Engraçado que Bombinhas se emancipou de Porto Belo, mas hoje já parece até mais rica e estruturada que sua antiga cidade-mãe.

O astral de Bombinhas é maravilhoso, em qualquer época do ano, embora nas temporadas seja algo 'badalado' demais pro meu gosto, mas mesmo assim é ótimo de ir.

O litoral de Santa Catarina é maravilhoso, na minha opinião, o melhor litoral do país, oferecendo um mix de cidades turísticas, bem estruturadas, seguras, e com boa infra-estrutura, além da diversidade de praias, paisagens, arquitetura, e "vibes"...


----------



## Geoce (Sep 11, 2007)

Caramba, Ice.
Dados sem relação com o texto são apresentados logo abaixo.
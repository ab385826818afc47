//! The automata of a formula's parts, each translated and minimised before the part that holds it.
ghost use Rattle.std.specs.Prelude.{◌≡◌, ◌<◌, [], ◌∷◌, ◌++◌, IfOk, IfErr, OnOk, map, All};
ghost use Rattle.forms.specs.Tree.{Atom, tree, program};
ghost use Rattle.forms.specs.Proper.{IsProper, IsProperProgram};
ghost use Rattle.forms.specs.Parts as listed;
ghost use Rattle.diagrams.specs.Live.{Keeps, IsCanonical};
ghost use Rattle.translate.specs.Exact.{IsLeastMeant};
ghost use Rattle.translate.specs.Operation.{constant_form, unary_form, binary_form, modal_form};
ghost use Rattle.translate.specs.Counting.{IfTooMany};
ghost use Rattle.translate.specs.Tally.{AddsCounts, AddsPartCounts, StopsAt, StopsAtPart};
ghost use Rattle.path_programs.specs.PathTests.{test_forms};
ghost use Rattle.translate.specs.PathTests.{IsTest, IsAppended};

use crate::counts::Counts;
use crate::fault::TranslateFault;
use crate::operation::{Binary, Modal, Unary};
use crate::operators;
use automata::{Automaton, Meant};
use bes_io::Memory;
use diagrams::Store;
use forms::{Form, Path, copy};
use std::alloc::Global;

/// The least automaton of a formula, with the counts of its parts appended. Goes one level deeper for each level of
/// the tree.
#[cycle(part)]
pub(crate) fn part(
    alloc: Global,
    store: &mut Store,
    form: &Form,
    limit: u32,
    counts: &mut Counts,
) -> Result<Automaton, TranslateFault>
    requires canonical { IsCanonical store.old }
    requires proper { IsProper store.old.props (tree form.now) }
    ensures keeps { Keeps store.old store.new }
    ensures least { IfOk result (λ made. IsLeastMeant store.new made (tree form.now)) }
    ensures counts { OnOk result (AddsPartCounts store.old.props limit (tree form.now) counts.old counts.new) }
    ensures too_many { IfErr result (StopsAtPart store.old.props limit (tree form.now) counts.old) }
{
    match form {
        Form::True => constant(alloc, store, true, limit, counts),
        Form::False => constant(alloc, store, false, limit, counts),
        Form::Atom(i) => atom(alloc, store, *i, limit, counts),
        Form::Not(f) => unary(alloc, store, Unary::Not, f, limit, counts),
        Form::And(f, g) => binary(alloc, store, Binary::And, f, g, limit, counts),
        Form::Or(f, g) => binary(alloc, store, Binary::Or, f, g, limit, counts),
        Form::Implies(f, g) => binary(alloc, store, Binary::Implies, f, g, limit, counts),
        Form::Iff(f, g) => binary(alloc, store, Binary::Iff, f, g, limit, counts),
        Form::Next(f) => unary(alloc, store, Unary::Next, f, limit, counts),
        Form::WeakNext(f) => unary(alloc, store, Unary::WeakNext, f, limit, counts),
        Form::Until(f, g) => binary(alloc, store, Binary::Until, f, g, limit, counts),
        Form::Release(f, g) => binary(alloc, store, Binary::Release, f, g, limit, counts),
        Form::Eventually(f) => unary(alloc, store, Unary::Eventually, f, limit, counts),
        Form::Always(f) => unary(alloc, store, Unary::Always, f, limit, counts),
        Form::Diamond(p, f) => modal(alloc, store, Modal::Diamond, p, f, limit, counts),
        Form::BoxAll(p, f) => modal(alloc, store, Modal::BoxAll, p, f, limit, counts),
    }
}

/// The least automaton of `true` or `false`, with its count appended.
fn constant(
    alloc: Global,
    store: &mut Store,
    value: bool,
    limit: u32,
    counts: &mut Counts,
) -> Result<Automaton, TranslateFault>
    ensures keeps { Keeps store.old store.new }
    ensures least { IfOk result (λ made. IsLeastMeant store.new made (constant_form value)) }
    ensures counts { OnOk result (AddsCounts store.old.props limit (constant_form value ∷ []) counts.old counts.new) }
    ensures too_many { IfErr result (λ fault.
        IfTooMany fault (StopsAt store.old.props limit (constant_form value ∷ []) counts.old)) }
{
    let made = operators::constant(alloc, store, value)?;
    counts.add(made.size(), limit)?;
    Ok(made)
}

/// The least automaton of a proposition, with its count appended.
fn atom(
    alloc: Global,
    store: &mut Store,
    i: u32,
    limit: u32,
    counts: &mut Counts,
) -> Result<Automaton, TranslateFault>
    requires { i < store.old.props }
    ensures keeps { Keeps store.old store.new }
    ensures least { IfOk result (λ made. IsLeastMeant store.new made (Atom i)) }
    ensures counts { OnOk result (AddsCounts store.old.props limit (Atom i ∷ []) counts.old counts.new) }
    ensures too_many { IfErr result (λ fault. IfTooMany fault (StopsAt store.old.props limit (Atom i ∷ []) counts.old)) }
{
    let made = operators::atom(alloc, store, i)?;
    counts.add(made.size(), limit)?;
    Ok(made)
}

/// The least automaton of an operator of one formula, with the counts of its parts appended.
#[cycle(part)]
fn unary(
    alloc: Global,
    store: &mut Store,
    op: Unary,
    f: &Form,
    limit: u32,
    counts: &mut Counts,
) -> Result<Automaton, TranslateFault>
    requires canonical { IsCanonical store.old }
    requires proper { IsProper store.old.props (tree f.now) }
    ensures keeps { Keeps store.old store.new }
    ensures least { IfOk result (λ made. IsLeastMeant store.new made (unary_form op (tree f.now))) }
    ensures counts { OnOk result (AddsPartCounts store.old.props limit (unary_form op (tree f.now)) counts.old counts.new) }
    ensures too_many { IfErr result (StopsAtPart store.old.props limit (unary_form op (tree f.now)) counts.old) }
{
    let a = part(alloc, store, f, limit, counts)?;
    let made = op.apply(alloc, store, &a)?;
    counts.add(made.size(), limit)?;
    Ok(made)
}

/// The least automaton of an operator of two formulas, with the counts of its parts appended.
#[cycle(part)]
fn binary(
    alloc: Global,
    store: &mut Store,
    op: Binary,
    f: &Form,
    g: &Form,
    limit: u32,
    counts: &mut Counts,
) -> Result<Automaton, TranslateFault>
    requires canonical { IsCanonical store.old }
    requires f { IsProper store.old.props (tree f.now) }
    requires g { IsProper store.old.props (tree g.now) }
    ensures keeps { Keeps store.old store.new }
    ensures least { IfOk result (λ made. IsLeastMeant store.new made (binary_form op (tree f.now) (tree g.now))) }
    ensures counts { OnOk result
        (AddsPartCounts store.old.props limit (binary_form op (tree f.now) (tree g.now)) counts.old counts.new) }
    ensures too_many { IfErr result
        (StopsAtPart store.old.props limit (binary_form op (tree f.now) (tree g.now)) counts.old) }
{
    let left = part(alloc, store, f, limit, counts)?;
    let right = part(alloc, store, g, limit, counts)?;
    let made = op.apply(alloc, store, &left, &right)?;
    counts.add(made.size(), limit)?;
    Ok(made)
}

/// The least automaton of an operator of a path and a formula, with the counts of its parts appended.
#[cycle(part)]
fn modal(
    alloc: Global,
    store: &mut Store,
    op: Modal,
    path: &Path,
    f: &Form,
    limit: u32,
    counts: &mut Counts,
) -> Result<Automaton, TranslateFault>
    requires canonical { IsCanonical store.old }
    requires path { IsProperProgram store.old.props (program path.now) }
    requires f { IsProper store.old.props (tree f.now) }
    ensures keeps { Keeps store.old store.new }
    ensures least { IfOk result (λ made. IsLeastMeant store.new made (modal_form op (program path.now) (tree f.now))) }
    ensures counts { OnOk result
        (AddsPartCounts store.old.props limit (modal_form op (program path.now) (tree f.now)) counts.old counts.new) }
    ensures too_many { IfErr result
        (StopsAtPart store.old.props limit (modal_form op (program path.now) (tree f.now)) counts.old) }
{
    let mut tests = Vec::new(alloc);
    add_tests(alloc, store, path, limit, counts, &mut tests)?;
    let a = part(alloc, store, f, limit, counts)?;
    let made = op.apply(alloc, store, path, tests.as_slice(), &a)?;
    counts.add(made.size(), limit)?;
    Ok(made)
}

/// Appends the automaton, with a copy of its formula.
fn add_test(
    alloc: Global,
    automaton: Automaton,
    form: &Form,
    tests: &mut Vec<Meant>,
) -> Result<(), Memory>
    ensures { OnOk result (IsAppended (tree form.now) automaton tests.old.items tests.new.items) }
{
    let form = copy(alloc, form)?;
    tests.push(Meant { automaton, form })?;
    Ok(())
}

/// Appends the least automata of the tests of a path from left to right, each with its formula, and the counts of the
/// tests' parts.
#[cycle(part)]
fn add_tests(
    alloc: Global,
    store: &mut Store,
    path: &Path,
    limit: u32,
    counts: &mut Counts,
    tests: &mut Vec<Meant>,
) -> Result<(), TranslateFault>
    requires canonical { IsCanonical store.old }
    requires proper { IsProperProgram store.old.props (program path.now) }
    ensures keeps { Keeps store.old store.new }
    ensures tests { OnOk result (
        map (λ t. tree t.form) tests.new.items ≡ map (λ t. tree t.form) tests.old.items ++ test_forms (program path.now)) }
    ensures meant { All (IsTest store.old) tests.old.items → OnOk result (All (IsTest store.new) tests.new.items) }
    ensures counts { OnOk result (AddsCounts store.old.props limit (listed.test_parts (program path.now)) counts.old counts.new) }
    ensures too_many { IfErr result (λ fault.
        IfTooMany fault (StopsAt store.old.props limit (listed.test_parts (program path.now)) counts.old)) }
{
    match path {
        Path::Step(_) => Ok(()),
        Path::Test(f) => {
            let automaton = part(alloc, store, f, limit, counts)?;
            add_test(alloc, automaton, f, tests)?;
            Ok(())
        }
        Path::Choice(p, q) => {
            add_tests(alloc, store, p, limit, counts, tests)?;
            add_tests(alloc, store, q, limit, counts, tests)
        }
        Path::Seq(p, q) => {
            add_tests(alloc, store, p, limit, counts, tests)?;
            add_tests(alloc, store, q, limit, counts, tests)
        }
        Path::Star(p) => add_tests(alloc, store, p, limit, counts, tests),
    }
}
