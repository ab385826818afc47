//! Connectives of automata that come with their formulas.
ghost use Rattle.std.specs.Prelude.{◌≡◌, ◌&&◌, ◌||◌, not, IfOk};
ghost use Rattle.diagrams.specs.Live.{Keeps};
ghost use Rattle.automata.specs.Table.{IsMeant};
ghost use Rattle.forms.specs.Tree.{tree, And, Or, Not};
ghost use Rattle.translate.specs.Exact.{accepted, IsLeastOf};

use crate::least::{flipped, least_of};
use crate::operators;
use automata::Meant;
use bes_io::Memory;
use diagrams::Store;
use forms::{Form, copy};
use std::alloc::Global;

/// The formula, in a box of its own.
fn boxed(alloc: Global, of: &Meant) -> Result<Box<Form>, Memory>
    ensures { IfOk result (λ made. tree made.value ≡ tree of.now.form) }
{
    Ok(Box::new(alloc, copy(alloc, &of.form)?)?)
}

/// The least automaton of what both accept, with the conjunction of their formulas.
pub fn both(alloc: Global, store: &mut Store, a: &Meant, b: &Meant) -> Result<Meant, Memory>
    requires a { IsMeant store.old a.now.automaton (tree a.now.form) }
    requires b { IsMeant store.old b.now.automaton (tree b.now.form) }
    ensures keeps { Keeps store.old store.new }
    ensures form { IfOk result (λ made. tree made.form ≡ And (tree a.now.form) (tree b.now.form)) }
    ensures least { IfOk result (λ made. IsLeastOf store.new made.automaton
        (λ w. accepted store.old a.now.automaton w && accepted store.old b.now.automaton w)) }
    ensures meant { IfOk result (λ made. IsMeant store.new made.automaton (tree made.form)) }
{
    let automaton = operators::and(alloc, store, &a.automaton, &b.automaton)?;
    let first = boxed(alloc, a)?;
    let second = boxed(alloc, b)?;
    Ok(Meant {
        automaton,
        form: Form::And(first, second),
    })
}

/// The least automaton of what one of two accepts, with the disjunction of their formulas.
pub fn either(alloc: Global, store: &mut Store, a: &Meant, b: &Meant) -> Result<Meant, Memory>
    requires a { IsMeant store.old a.now.automaton (tree a.now.form) }
    requires b { IsMeant store.old b.now.automaton (tree b.now.form) }
    ensures keeps { Keeps store.old store.new }
    ensures form { IfOk result (λ made. tree made.form ≡ Or (tree a.now.form) (tree b.now.form)) }
    ensures least { IfOk result (λ made. IsLeastOf store.new made.automaton
        (λ w. accepted store.old a.now.automaton w || accepted store.old b.now.automaton w)) }
    ensures meant { IfOk result (λ made. IsMeant store.new made.automaton (tree made.form)) }
{
    let automaton = operators::or(alloc, store, &a.automaton, &b.automaton)?;
    let first = boxed(alloc, a)?;
    let second = boxed(alloc, b)?;
    Ok(Meant {
        automaton,
        form: Form::Or(first, second),
    })
}

/// The least automaton of what another does not accept, with the negation of its formula.
pub fn negate(alloc: Global, store: &mut Store, a: &Meant) -> Result<Meant, Memory>
    requires a { IsMeant store.old a.now.automaton (tree a.now.form) }
    ensures keeps { Keeps store.old store.new }
    ensures form { IfOk result (λ made. tree made.form ≡ Not (tree a.now.form)) }
    ensures least { IfOk result (λ made. IsLeastOf store.new made.automaton (λ w. not (accepted store.old a.now.automaton w))) }
    ensures meant { IfOk result (λ made. IsMeant store.new made.automaton (tree made.form)) }
{
    prove!(a.automaton.first() < a.automaton.size());
    prove!(store.props() <= 32);
    let other = flipped(alloc, &a.automaton)?;
    let automaton = least_of(alloc, store, other)?;
    Ok(Meant {
        automaton,
        form: Form::Not(boxed(alloc, a)?),
    })
}
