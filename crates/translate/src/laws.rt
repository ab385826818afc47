//! Laws of the first part over a limit, each proved because the contract of a function here names it.
ghost use Rattle.translate.specs.Counting.{FirstOverIsOne, FirstOverIsNotWithin};

/// At most one part, the whole coming last, is the first over a limit, and where one is, the counts are not all within
/// it: so `translate` refuses no other part, and gives no automaton there. The function does nothing when it runs.
pub fn laws_of_counts()
    ensures one { FirstOverIsOne }
    ensures not_within { FirstOverIsNotWithin }
{}
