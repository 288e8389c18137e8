#![tactic(auto)]

// The file form of a list: see specs/. No code.
// Laws about the file form of a list: see specs/. No code.
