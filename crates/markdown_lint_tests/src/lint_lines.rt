//! The lines of JSON of links and of references without a definition, and those with lines and columns.
use markdown_base::options::Options;
use markdown_base::syntax::Syntax;
use markdown_defs::DefaultBrokenLinkCallback;
use markdown_inline::walk::Parser;
use markdown_links::links_source;
use markdown_lint_json::{
    broken_source, links_json_source, push_broken, push_broken_with_places, push_json_with_places,
    push_links_with_places, push_outline_with_places,
};
use markdown_outline::outline_source;
use markdown_positions::Positions;
use markdown_test_helpers::rows::gives;
use markdown_test_parsers::faults::or_fail;
use std::test::Fail;

/// Links and images of each kind, and an image in a link.
const LINKS: &str =
    "[a](b \"c\") ![d *e*](f) <gg:h> <i@j.k> [l] [m][l] [[n]] [![o](p)](q)\n\n[l]: r\n";

/// Links after each kind of line ending, a tab, and characters of two and of four bytes.
const LINES: &str = "ä\tb [c](x)\r\n[d](x)\r[e](x)\n\n𝒳 [f](x)";

#[test]
fn links(rt: HostRuntime) -> Result<(), Fail> {
    let syntax = Syntax::full(Options::ENABLE_WIKILINKS);
    let json = or_fail(links_json_source(rt.alloc(), LINKS, syntax))?;
    gives(
        "links",
        json.as_str(),
        "{\"kind\":\"link\",\"link_type\":\"Inline\",\"dest_url\":\"b\",\"title\":\"c\",\"id\":\"\",\
        \"text\":\"a\",\"range\":{\"start\":0,\"end\":10}}\n\
        {\"kind\":\"image\",\"link_type\":\"Inline\",\"dest_url\":\"f\",\"title\":\"\",\"id\":\"\",\
        \"text\":\"d e\",\"range\":{\"start\":11,\"end\":22}}\n\
        {\"kind\":\"link\",\"link_type\":\"Autolink\",\"dest_url\":\"gg:h\",\"title\":\"\",\"id\":\"\",\
        \"text\":\"gg:h\",\"range\":{\"start\":23,\"end\":29}}\n\
        {\"kind\":\"link\",\"link_type\":\"Email\",\"dest_url\":\"i@j.k\",\"title\":\"\",\"id\":\"\",\
        \"text\":\"i@j.k\",\"range\":{\"start\":30,\"end\":37}}\n\
        {\"kind\":\"link\",\"link_type\":\"Shortcut\",\"dest_url\":\"r\",\"title\":\"\",\"id\":\"l\",\
        \"text\":\"l\",\"range\":{\"start\":38,\"end\":41}}\n\
        {\"kind\":\"link\",\"link_type\":\"Reference\",\"dest_url\":\"r\",\"title\":\"\",\"id\":\"l\",\
        \"text\":\"m\",\"range\":{\"start\":42,\"end\":48}}\n\
        {\"kind\":\"link\",\"link_type\":{\"WikiLink\":{\"has_pothole\":false}},\"dest_url\":\"n\",\
        \"title\":\"\",\"id\":\"\",\"text\":\"n\",\"range\":{\"start\":49,\"end\":54}}\n\
        {\"kind\":\"link\",\"link_type\":\"Inline\",\"dest_url\":\"q\",\"title\":\"\",\"id\":\"\",\
        \"text\":\"o\",\"range\":{\"start\":55,\"end\":67}}\n\
        {\"kind\":\"image\",\"link_type\":\"Inline\",\"dest_url\":\"p\",\"title\":\"\",\"id\":\"\",\
        \"text\":\"o\",\"range\":{\"start\":56,\"end\":63}}\n",
    )
}

#[test]
fn places_of_links(rt: HostRuntime) -> Result<(), Fail> {
    let list = or_fail(links_source(rt.alloc(), LINES, Syntax::full(Options::empty())))?;
    let mut json = String::new(rt.alloc());
    push_links_with_places(&mut json, &list, &Positions::new(rt.alloc(), LINES)?)?;
    gives(
        "places of links",
        json.as_str(),
        "{\"kind\":\"link\",\"link_type\":\"Inline\",\"dest_url\":\"x\",\"title\":\"\",\"id\":\"\",\
        \"text\":\"c\",\"range\":{\"start\":5,\"end\":11},\
        \"line\":1,\"column\":5,\"end_line\":1,\"end_column\":11}\n\
        {\"kind\":\"link\",\"link_type\":\"Inline\",\"dest_url\":\"x\",\"title\":\"\",\"id\":\"\",\
        \"text\":\"d\",\"range\":{\"start\":13,\"end\":19},\
        \"line\":2,\"column\":1,\"end_line\":2,\"end_column\":7}\n\
        {\"kind\":\"link\",\"link_type\":\"Inline\",\"dest_url\":\"x\",\"title\":\"\",\"id\":\"\",\
        \"text\":\"e\",\"range\":{\"start\":20,\"end\":26},\
        \"line\":3,\"column\":1,\"end_line\":3,\"end_column\":7}\n\
        {\"kind\":\"link\",\"link_type\":\"Inline\",\"dest_url\":\"x\",\"title\":\"\",\"id\":\"\",\
        \"text\":\"f\",\"range\":{\"start\":33,\"end\":39},\
        \"line\":5,\"column\":3,\"end_line\":5,\"end_column\":9}\n",
    )
}

#[test]
fn places_of_headings(rt: HostRuntime) -> Result<(), Fail> {
    let text = "# A {#a}\n\n## B\n";
    let syntax = Syntax::full(Options::ENABLE_HEADING_ATTRIBUTES);
    let entries = or_fail(outline_source(rt.alloc(), text, syntax))?;
    let positions = Positions::new(rt.alloc(), text)?;
    let mut json = String::new(rt.alloc());
    push_outline_with_places(&mut json, entries.as_slice(), true, &positions)?;
    push_outline_with_places(&mut json, entries.as_slice(), false, &positions)?;
    gives(
        "places of headings",
        json.as_str(),
        "{\"level\":1,\"text\":\"A\",\"range\":{\"start\":0,\"end\":9},\"id\":\"a\",\
        \"line\":1,\"column\":1,\"end_line\":2,\"end_column\":1}\n\
        {\"level\":2,\"text\":\"B\",\"range\":{\"start\":10,\"end\":15},\
        \"line\":3,\"column\":1,\"end_line\":4,\"end_column\":1}\n\
        {\"level\":1,\"text\":\"A\",\"range\":{\"start\":0,\"end\":9},\
        \"line\":1,\"column\":1,\"end_line\":2,\"end_column\":1}\n\
        {\"level\":2,\"text\":\"B\",\"range\":{\"start\":10,\"end\":15},\
        \"line\":3,\"column\":1,\"end_line\":4,\"end_column\":1}\n",
    )
}

/// References of each form without a definition, and brackets that are none.
const BROKEN: &str = "[a][b] [c] [d][] ![e][f] ![g]\n[^h] [ ] \\[i] [j\\] [k][l](m) [n](o\n";

/// References after each kind of line ending, a tab, and characters of two and of four bytes.
const BROKEN_LINES: &str = "ä\tb [c]\r\n[d]\r[e]\n\n𝒳 [f]";

#[test]
fn broken_references(rt: HostRuntime) -> Result<(), Fail> {
    let syntax = Syntax::full(Options::ENABLE_FOOTNOTES);
    let links = or_fail(broken_source(rt.alloc(), BROKEN, syntax))?;
    let mut json = String::new(rt.alloc());
    push_broken(&mut json, BROKEN, links.as_slice())?;
    gives(
        "broken references",
        json.as_str(),
        "{\"link_type\":\"Reference\",\"image\":false,\"reference\":\"b\",\"range\":{\"start\":0,\"end\":6}}\n\
        {\"link_type\":\"Shortcut\",\"image\":false,\"reference\":\"c\",\"range\":{\"start\":7,\"end\":10}}\n\
        {\"link_type\":\"Collapsed\",\"image\":false,\"reference\":\"d\",\"range\":{\"start\":11,\"end\":14}}\n\
        {\"link_type\":\"Reference\",\"image\":true,\"reference\":\"f\",\"range\":{\"start\":17,\"end\":24}}\n\
        {\"link_type\":\"Shortcut\",\"image\":true,\"reference\":\"g\",\"range\":{\"start\":25,\"end\":29}}\n\
        {\"link_type\":\"Reference\",\"image\":false,\"reference\":\"l\",\"range\":{\"start\":49,\"end\":55}}\n\
        {\"link_type\":\"Shortcut\",\"image\":false,\"reference\":\"n\",\"range\":{\"start\":59,\"end\":62}}\n",
    )
}

#[test]
fn places_of_broken_references(rt: HostRuntime) -> Result<(), Fail> {
    let syntax = Syntax::full(Options::empty());
    let links = or_fail(broken_source(rt.alloc(), BROKEN_LINES, syntax))?;
    let positions = Positions::new(rt.alloc(), BROKEN_LINES)?;
    let mut json = String::new(rt.alloc());
    push_broken_with_places(&mut json, BROKEN_LINES, links.as_slice(), &positions)?;
    gives(
        "places of broken references",
        json.as_str(),
        "{\"link_type\":\"Shortcut\",\"image\":false,\"reference\":\"c\",\"range\":{\"start\":5,\"end\":8},\
        \"line\":1,\"column\":5,\"end_line\":1,\"end_column\":8}\n\
        {\"link_type\":\"Shortcut\",\"image\":false,\"reference\":\"d\",\"range\":{\"start\":10,\"end\":13},\
        \"line\":2,\"column\":1,\"end_line\":2,\"end_column\":4}\n\
        {\"link_type\":\"Shortcut\",\"image\":false,\"reference\":\"e\",\"range\":{\"start\":14,\"end\":17},\
        \"line\":3,\"column\":1,\"end_line\":3,\"end_column\":4}\n\
        {\"link_type\":\"Shortcut\",\"image\":false,\"reference\":\"f\",\"range\":{\"start\":24,\"end\":27},\
        \"line\":5,\"column\":3,\"end_line\":5,\"end_column\":6}\n",
    )
}

#[test]
fn places_of_events(rt: HostRuntime) -> Result<(), Fail> {
    let text = "ä\n\nb *a*";
    let none: Option<DefaultBrokenLinkCallback> = None;
    let syntax = Syntax::full(Options::empty());
    let parser = or_fail(Parser::of_source(rt.alloc(), text, syntax, none))?;
    let positions = Positions::new(rt.alloc(), text)?;
    let mut json = String::new(rt.alloc());
    or_fail(push_json_with_places(&mut json, parser.into_offset_iter(), &positions))?;
    gives(
        "places of events",
        json.as_str(),
        "[{\"Start\":\"Paragraph\"},{\"start\":0,\"end\":3},{\"line\":1,\"column\":1,\"end_line\":2,\"end_column\":1}]\n\
        [{\"Text\":\"ä\"},{\"start\":0,\"end\":2},{\"line\":1,\"column\":1,\"end_line\":1,\"end_column\":2}]\n\
        [{\"End\":\"Paragraph\"},{\"start\":0,\"end\":3},{\"line\":1,\"column\":1,\"end_line\":2,\"end_column\":1}]\n\
        [{\"Start\":\"Paragraph\"},{\"start\":4,\"end\":9},{\"line\":3,\"column\":1,\"end_line\":3,\"end_column\":6}]\n\
        [{\"Text\":\"b \"},{\"start\":4,\"end\":6},{\"line\":3,\"column\":1,\"end_line\":3,\"end_column\":3}]\n\
        [{\"Start\":\"Emphasis\"},{\"start\":6,\"end\":9},{\"line\":3,\"column\":3,\"end_line\":3,\"end_column\":6}]\n\
        [{\"Text\":\"a\"},{\"start\":7,\"end\":8},{\"line\":3,\"column\":4,\"end_line\":3,\"end_column\":5}]\n\
        [{\"End\":\"Emphasis\"},{\"start\":6,\"end\":9},{\"line\":3,\"column\":3,\"end_line\":3,\"end_column\":6}]\n\
        [{\"End\":\"Paragraph\"},{\"start\":4,\"end\":9},{\"line\":3,\"column\":1,\"end_line\":3,\"end_column\":6}]\n",
    )
}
Sério, não me lembro de nenhum outro thread de Bombinhas capaz de superar esse seu. E também um dos teus melhores threads geral. Senti falta tão somente de 4 Ilhas.

Sou pra lá de suspeito em elogiar Bombinhas. Em que pese o acesso mais do que defasado, chegando à cidade, o tempo no carro compensa.

Bombinhas é um verdadeiro canteiro de obras em termos de baixinhos e tá vindo uma leva muito bonita, de bom gosto.

E sei lá, ela tem uma vibe muito dela, muito alegre, gostosa, leve. Até os prédios, por mais bregas que sejam, refletem essa alegria que lhe é natural.

Uma das metas de aposentadoria é ter um canto em Bombinhas. Amo esse lugar.

Por favor, Ice, continue nos brindando com fotos e tópicos como esse.


----------



## Mateus Oliveira (Jan 20, 2014)

Procurando algum defeito haha

Incrivel. Muito bom


----------



## woody82 (Nov 3, 2011)

Estive aí nesse verão. Sem duvida é o mar com a água mais clara do nosso litoral. E a cidade está cada vez mais estruturada. Falta, pra variar, enterrar a fiação aérea nas partes mais comerciais da via principal.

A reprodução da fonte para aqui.